[Task data Boundary: Start]

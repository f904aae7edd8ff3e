//! Places that are joined: each is linked to an earlier one that it is joined with, or to itself. Whoever follows
//! the links comes to the root, the first place of all that are joined with it.

ghost use Rattle.std.specs.Prelude.{◌≡◌, ℕ, ◌<◌, IfOk, length, map};
ghost use Rattle.applications.specs.Candidates.{counting_from};
ghost use Rattle.goal_clusters.specs.Linking.{joined_at, LeadsBack, LeadsTo, Relinks};

use basics::NoMemory;
use std::alloc::Global;

// So many places, each linked to itself.
pub(crate) fn own_links(alloc: Global, count: usize) -> Result<Vec<usize>, NoMemory>
    ensures { IfOk result (λ links. links.items ≡ counting_from 0 count) }
{
    let mut links = Vec::with_capacity(alloc, count)?;
    for place in 0..count {
        links.push(place)?;
    }
    Ok(links)
}

// The root of a place. Each second place on the way is linked to the one after the next, so that later ways
// are shorter.
fn find(links: &mut Vec<usize>, place: usize) -> usize
    requires leads_back { LeadsBack links.old.items }
    requires within { place < length links.old.items }
    ensures leads_back { LeadsBack links.new.items }
    ensures as_long { length links.new.items ≡ length links.old.items }
    ensures within { result < length links.old.items }
    ensures leads_to { (root : ℕ → ℕ) → LeadsTo links.old.items root → LeadsTo links.new.items root }
    ensures is_root { (root : ℕ → ℕ) → LeadsTo links.old.items root → result ≡ root place }
{
    let mut at = place;
    let mut above = links[at];
    while above != at {
        let next = links[above];
        links[at] = next;
        at = next;
        above = links[at];
    }
    at
}

// Joins two places.
pub(crate) fn join(links: &mut Vec<usize>, first: usize, second: usize)
    requires leads_back { LeadsBack links.old.items }
    requires first_within { first < length links.old.items }
    requires second_within { second < length links.old.items }
    ensures { Relinks links.old.items links.new.items (joined_at first second) }
{
    let a = find(links, first);
    let b = find(links, second);
    if a < b {
        links[b] = a;
    } else {
        links[a] = b;
    }
}

// The root of each place, in one pass.
pub(crate) fn roots(alloc: Global, links: &[usize]) -> Result<Vec<usize>, NoMemory>
    requires { LeadsBack links.now }
    ensures { IfOk result (λ found. (root : ℕ → ℕ) → LeadsTo links.now root → found.items ≡ map root (counting_from 0 (length links.now))) }
{
    let mut found = Vec::with_capacity(alloc, links.len())?;
    for place in 0..links.len() {
        let above = links[place];
        let root = if above < place { found[above] } else { place };
        found.push(root)?;
    }
    Ok(found)
}
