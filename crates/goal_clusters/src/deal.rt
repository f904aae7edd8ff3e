//! Goals that are dealt out by the roots of their places.

ghost use Rattle.std.specs.Prelude.{◌≡◌, ◌+◌, ◌≤◌, ◌<◌, [], All, IfOk, length, drop};
ghost use Rattle.goal_clusters.specs.Dealing.{dealt};

use basics::NoMemory;
use lf_terms::GoalList;
use std::alloc::Global;

// For each place the goals of a list, in order, of which it is the root. The roots of the list's places stand
// from `first` on.
pub(crate) fn deal(
    alloc: Global,
    roots: &[usize],
    first: usize,
    goals: &GoalList,
) -> Result<Vec<GoalList>, NoMemory>
    requires within { All (λ r. r < length roots.now) roots.now }
    requires as_long { first + length goals.now ≤ length roots.now }
    ensures { IfOk result (λ parts. parts.items ≡ dealt (length roots.now) (drop first roots.now) goals.now) }
{
    let mut parts = empty_lists(alloc, roots.len())?;
    let items = goals.as_slice();
    for i in 0..items.len() {
        let part = &mut parts[roots[first + i]];
        part.push(items[i].copy()?)?;
    }
    Ok(parts)
}

// So many empty lists.
fn empty_lists(alloc: Global, count: usize) -> Result<Vec<GoalList>, NoMemory>
    ensures { IfOk result (λ lists. lists.items ≡ dealt count [] []) }
{
    let mut lists = Vec::with_capacity(alloc, count)?;
    for _ in 0..count {
        lists.push(GoalList::new(alloc))?;
    }
    Ok(lists)
}
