//! Lists of goals split into clusters: goals that mention each other, directly or through others. `meta_goals` stands below, and `clusters` has the definitions that contracts
//! cite.
//! Proved: a list is split into exactly the clusters of the definition, in order, each numbered by its places. Each mention is met once, and no goal is compared with another.
#![tactic(auto)]

mod deal;
mod links;
mod mentioned;
mod mentions;
pub mod split;

pub use split::Cluster;
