ghost use Rattle.std.specs.Prelude.{◌≡◌, MatchResult};
ghost use Rattle.std.specs.FinMap as map;
ghost use Rattle.server_tables.specs.Slots.{AreRising, IsAt, GoesTo};

use crate::{LabelMap, Missing, TableFault};
use std::alloc::{AllocError, Global};
use std::marker::Model;

/// A label and its value.
#[derive(Clone, Copy)]
pub struct Slot<V> {
    pub label: [u8; 16],
    pub value: V,
}

/// A map from labels as one vector by rising label: it is found by halves, and a label that comes after the
/// others moves none of them.
#[derive(Drop)]
pub struct SortedMap<V> {
    slots: Vec<Slot<V>>,
}

impl<V> Model for SortedMap<V> {
    ghost use Rattle.std.specs.Prelude.{◌-◌, ℕ, vec_len, vec_capacity};
    ghost use Rattle.std.specs.Coded.{coded×, coded_ℕ};
    ghost use Rattle.server_tables.specs.Labelled.{Labelled, labelled_code};

    ghost Value = { Labelled V × ℕ };

    ghost coded = { coded× (labelled_code V.code) coded_ℕ };

    ghost use Rattle.server_tables.specs.Slots.{map_of, AreRising};

    ghost view = { λ m. (map_of m.slots.items, vec_capacity m.slots - vec_len m.slots) };

    ghost invariant = { λ m. AreRising m.slots.items };
}

impl<V: Copy> SortedMap<V> {
    /// No labels. Takes no memory.
    pub(crate) fn new(alloc: Global) -> Self
        ensures { result.0 ≡ map.empty }
    {
        SortedMap {
            slots: Vec::new(alloc),
        }
    }
}

impl<V: Copy> LabelMap for SortedMap<V> {
    type Value = V;

    ghost entries = { λ m. m.0 };

    ghost free = { λ m. m.1 };

    fn len(&self) -> usize {
        self.slots.len()
    }

    fn get(&self, label: &[u8; 16]) -> Option<V> {
        match place(&self.slots, label) {
            Ok(at) => Some(self.slots[at].value),
            Err(_) => None,
        }
    }

    fn insert(&mut self, label: &[u8; 16], value: V) -> Result<(), TableFault> {
        match place(&self.slots, label) {
            Ok(_) => Err(TableFault::Taken),
            Err(at) => {
                let slot = Slot {
                    label: *label,
                    value,
                };
                self.slots.insert(at, slot)?;
                Ok(())
            }
        }
    }

    fn remove(&mut self, label: &[u8; 16]) -> Result<(), Missing> {
        match place(&self.slots, label) {
            Ok(at) => {
                self.slots.remove(at);
                Ok(())
            }
            Err(_) => Err(Missing),
        }
    }

    fn reserve(&mut self, additional: usize) -> Result<(), AllocError> {
        self.slots.reserve(additional)
    }

    fn clear(&mut self) {
        self.slots.clear();
    }
}

/// Where the label is among slots that rise, or where it would go.
fn place<V>(slots: &[Slot<V>], label: &[u8; 16]) -> Result<usize, usize>
    requires { AreRising slots.now }
    ensures { MatchResult result (IsAt slots.now label.now) (GoesTo slots.now label.now) }
{
    let label_of = |slot: &Slot<V>| -> [u8; 16]
        ensures { result ≡ slot.now.label }
    { slot.label };
    slots.binary_search_by_key(label, label_of)
}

[Task data Boundary: End]

What the exercise asks:
Retype the data in full, exactly.

Answer for the task:
repository f904aae7edd8ff3e
//! Places that are joined: each is linked to an earlier one that it is joined with, or to itself. Whoever follows
//! the links comes to the root, the first place of all that are joined with it.

ghost use Rattle.std.specs.Prelude.{◌≡◌, ℕ, ◌<◌, IfOk, length, map};
ghost use Rattle.applications.specs.Candidates.{counting_from};
ghost use Rattle.goal_clusters.specs.Linking.{joined_at, LeadsBack, LeadsTo, Relinks};

use basics::NoMemory;
use std::alloc::Global;

// So many places, each linked to itself.
pub(crate) fn own_links(alloc: Global, count: usize) -> Result<Vec<usize>, NoMemory>
    ensures { IfOk result (λ links. links.items ≡ counting_from 0 count) }
{
    let mut links = Vec::with_capacity(alloc, count)?;
    for place in 0..count {
        links.push(place)?;
    }
    Ok(links)
}

// The root of a place. Each second place on the way is linked to the one after the next, so that later ways
// are shorter.
fn find(links: &mut Vec<usize>, place: usize) -> usize
    requires leads_back { LeadsBack links.old.items }
    requires within { place < length links.old.items }
    ensures leads_back { LeadsBack links.new.items }
    ensures as_long { length links.new.items ≡ length links.old.items }
    ensures within { result < length links.old.items }
    ensures leads_to { (root : ℕ → ℕ) → LeadsTo links.old.items root → LeadsTo links.new.items root }
    ensures is_root { (root : ℕ → ℕ) → LeadsTo links.old.items root → result ≡ root place }
{
    let mut at = place;
    let mut above = links[at];
    while above != at {
        let next = links[above];
        links[at] = next;
        at = next;
        above = links[at];
    }
    at
}

// Joins two places.
pub(crate) fn join(links: &mut Vec<usize>, first: usize, second: usize)
    requires leads_back { LeadsBack links.old.items }
    requires first_within { first < length links.old.items }
    requires second_within { second < length links.old.items }
    ensures { Relinks links.old.items links.new.items (joined_at first second) }
{
    let a = find(links, first);
    let b = find(links, second);
    if a < b {
        links[b] = a;
    } else {
        links[a] = b;
    }
}

// The root of each place, in one pass.
pub(crate) fn roots(alloc: Global, links: &[usize]) -> Result<Vec<usize>, NoMemory>
    requires { LeadsBack links.now }
    ensures { IfOk result (λ found. (root : ℕ → ℕ) → LeadsTo links.now root → found.items ≡ map root (counting_from 0 (length links.now))) }
{
    let mut found = Vec::with_capacity(alloc, links.len())?;
    for place in 0..links.len() {
        let above = links[place];
        let root = if above < place { found[above] } else { place };
        found.push(root)?;
    }
    Ok(found)
}
filename crates/goal_clusters/src/deal.rt
repository f904aae7edd8ff3e
//! Goals that are dealt out by the roots of their places.

ghost use Rattle.std.specs.Prelude.{◌≡◌, ◌+◌, ◌≤◌, ◌<◌, [], All, IfOk, length, drop};
ghost use Rattle.goal_clusters.specs.Dealing.{dealt};

use basics::NoMemory;
use lf_terms::GoalList;
use std::alloc::Global;

// For each place the goals of a list, in order, of which it is the root. The roots of the list's places stand
// from `first` on.
pub(crate) fn deal(
    alloc: Global,
    roots: &[usize],
    first: usize,
    goals: &GoalList,
) -> Result<Vec<GoalList>, NoMemory>
    requires within { All (λ r. r < length roots.now) roots.now }
    requires as_long { first + length goals.now ≤ length roots.now }
    ensures { IfOk result (λ parts. parts.items ≡ dealt (length roots.now) (drop first roots.now) goals.now) }
{
    let mut parts = empty_lists(alloc, roots.len())?;
    let items = goals.as_slice();
    for i in 0..items.len() {
        let part = &mut parts[roots[first + i]];
        part.push(items[i].copy()?)?;
    }
    Ok(parts)
}

// So many empty lists.
fn empty_lists(alloc: Global, count: usize) -> Result<Vec<GoalList>, NoMemory>
    ensures { IfOk result (λ lists. lists.items ≡ dealt count [] []) }
{
    let mut lists = Vec::with_capacity(alloc, count)?;
    for _ in 0..count {
        lists.push(GoalList::new(alloc))?;
    }
    Ok(lists)
}
//! Lists of goals split into clusters: goals that mention each other, directly or through others. `meta_goals` stands below, and `clusters` has the definitions that contracts
//! cite.
//! Proved: a list is split into exactly the clusters of the definition, in order, each numbered by its places. Each mention is met once, and no goal is compared with another.
#![tactic(auto)]

mod deal;
mod links;
mod mentioned;
mod mentions;
pub mod split;

pub use split::Cluster;
ghost use Rattle.std.specs.Prelude.{◌≡◌, MatchResult};
ghost use Rattle.std.specs.FinMap as map;
ghost use Rattle.server_tables.specs.Slots.{AreRising, IsAt, GoesTo};

use crate::{LabelMap, Missing, TableFault};
use std::alloc::{AllocError, Global};
use std::marker::Model;

/// A label and its value.
#[derive(Clone, Copy)]
pub struct Slot<V> {
    pub label: [u8; 16],
    pub value: V,
}

/// A map from labels as one vector by rising label: it is found by halves, and a label that comes after the
/// others moves none of them.
#[derive(Drop)]
pub struct SortedMap<V> {
    slots: Vec<Slot<V>>,
}

impl<V> Model for SortedMap<V> {
    ghost use Rattle.std.specs.Prelude.{◌-◌, ℕ, vec_len, vec_capacity};
    ghost use Rattle.std.specs.Coded.{coded×, coded_ℕ};
    ghost use Rattle.server_tables.specs.Labelled.{Labelled, labelled_code};

    ghost Value = { Labelled V × ℕ };

    ghost coded = { coded× (labelled_code V.code) coded_ℕ };

    ghost use Rattle.server_tables.specs.Slots.{map_of, AreRising};

    ghost view = { λ m. (map_of m.slots.items, vec_capacity m.slots - vec_len m.slots) };

    ghost invariant = { λ m. AreRising m.slots.items };
}

impl<V: Copy> SortedMap<V> {
    /// No labels. Takes no memory.
    pub(crate) fn new(alloc: Global) -> Self
        ensures { result.0 ≡ map.empty }
    {
        SortedMap {
            slots: Vec::new(alloc),
        }
    }
}

impl<V: Copy> LabelMap for SortedMap<V> {
    type Value = V;

    ghost entries = { λ m. m.0 };

    ghost free = { λ m. m.1 };

    fn len(&self) -> usize {
        self.slots.len()
    }

    fn get(&self, label: &[u8; 16]) -> Option<V> {
        match place(&self.slots, label) {
            Ok(at) => Some(self.slots[at].value),
            Err(_) => None,
        }
    }

    fn insert(&mut self, label: &[u8; 16], value: V) -> Result<(), TableFault> {
        match place(&self.slots, label) {
            Ok(_) => Err(TableFault::Taken),
            Err(at) => {
                let slot = Slot {
                    label: *label,
                    value,
                };
                self.slots.insert(at, slot)?;
                Ok(())
            }
        }
    }

    fn remove(&mut self, label: &[u8; 16]) -> Result<(), Missing> {
        match place(&self.slots, label) {
            Ok(at) => {
                self.slots.remove(at);
                Ok(())
            }
            Err(_) => Err(Missing),
        }
    }

    fn reserve(&mut self, additional: usize) -> Result<(), AllocError> {
        self.slots.reserve(additional)
    }

    fn clear(&mut self) {
        self.slots.clear();
    }
}

/// Where the label is among slots that rise, or where it would go.
fn place<V>(slots: &[Slot<V>], label: &[u8; 16]) -> Result<usize, usize>
    requires { AreRising slots.now }
    ensures { MatchResult result (IsAt slots.now label.now) (GoesTo slots.now label.now) }
{
    let label_of = |slot: &Slot<V>| -> [u8; 16]
        ensures { result ≡ slot.now.label }
    { slot.label };
    slots.binary_search_by_key(label, label_of)
}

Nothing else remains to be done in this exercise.